=== WHAT THE TASK ASKS ===
Scan the material below for lines with the word "declared" and report how many there are, with nothing added.

=== PROVIDED DATA ===
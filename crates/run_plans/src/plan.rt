ghost use Rattle.std.specs.Prelude.{◌≡◌, ◌≢◌, true, length, map, IfOk};
ghost use Rattle.std.specs.List.{range_with_len};
ghost use Rattle.graph_core.specs.declared.place.Prop.TheVariants.{Rate};
ghost use Rattle.net_topology.specs.declared.plan.Plan.{Plan};
ghost use Rattle.run_plans.specs.Layouts.{HasFittingUsers, IsLayout, StandIn};
ghost use Rattle.run_plans.specs.Planned.{first_side, first_value, plan_of, planned_at, planned_block};
ghost use Rattle.run_plans.specs.RunRefusals.{IsLaidOut};

use crate::{Layout, PlacedBlock};
use block_library::BlockKind;
use graph_core::{Graph, Prop, PropAt, Side};
use net_faults::Faults;
use net_machine::{BlockPlan, BlockPlans, RunPlan};
use rf_base::{Copyable, Items, Memory};
use std::alloc::Global;

impl Layout {
    /// The plan of a run that loses these packets.
    pub fn plan(&self, alloc: Global, graph: &Graph, faults: &Faults) -> Result<RunPlan, Memory>
        requires layout { IsLayout graph.now.diagram self.now }
        requires committed { graph.now.is_committed ≡ true }
        ensures value { IfOk result (λ plan. plan ≡ plan_of self.now graph.now.committed faults.now) }
        ensures laid { (tree : Plan) → StandIn tree self.now → IfOk result (IsLaidOut tree) }
    {
        let _ = graph.kinds();
        let _ = graph.is_committed();
        let blocks = self.block_plans(alloc, graph)?;
        Ok(RunPlan {
            streams: self.streams.copy()?,
            blocks,
            faults: faults.copy()?,
        })
    }

    fn block_plans(&self, alloc: Global, graph: &Graph) -> Result<BlockPlans, Memory>
        requires layout { IsLayout graph.now.diagram self.now }
        requires committed { graph.now.is_committed ≡ true }
        ensures { IfOk result (λ plans. plans ≡
            map (planned_at self.now graph.now.committed) (range_with_len 0 (length self.now.blocks))) }
    {
        let _ = graph.kinds();
        let mut plans = Items::new(alloc);
        for (number, block) in self.blocks.as_slice().iter().enumerate() {
            plans.push(block.planned(graph, number as u16)?)?;
        }
        Ok(plans)
    }
}

impl PlacedBlock {
    /// The block of this number, with the form of its packets.
    fn planned(&self, graph: &Graph, number: u16) -> Result<BlockPlan, Memory>
        requires users { HasFittingUsers graph.now.diagram }
        requires committed { graph.now.is_committed ≡ true }
        ensures { IfOk result (λ plan. plan ≡ planned_block graph.now.committed number self.now) }
    {
        Ok(BlockPlan {
            kind: self.kind,
            ins: self.ins.copy()?,
            outs: self.outs.copy()?,
            packets: self.packets,
            spp: first_value(graph, number, self.kind, Prop::Spp),
            item: first_value(graph, number, self.kind, Prop::Item),
            time: self.time,
        })
    }
}

/// The committed value of a property of the block's first port.
fn first_value(graph: &Graph, block: u16, kind: BlockKind, prop: Prop) -> u32
    requires users { HasFittingUsers graph.now.diagram }
    requires committed { graph.now.is_committed ≡ true }
    requires form { prop ≢ Rate }
    ensures { result ≡ first_value graph.now.committed block kind prop }
{
    let _ = graph.is_committed();
    let at = PropAt {
        block,
        side: first_side(kind),
        port: 0,
        prop,
    };
    graph.value(at).unwrap_or(0) as u32
}

/// The side of a block's first port.
fn first_side(kind: BlockKind) -> Side
    ensures { result ≡ first_side kind }
{
    if kind.inputs() == 0 {
        Side::Out
    } else {
        Side::Into
    }
}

=== REPLY TO THE EXERCISE ===
2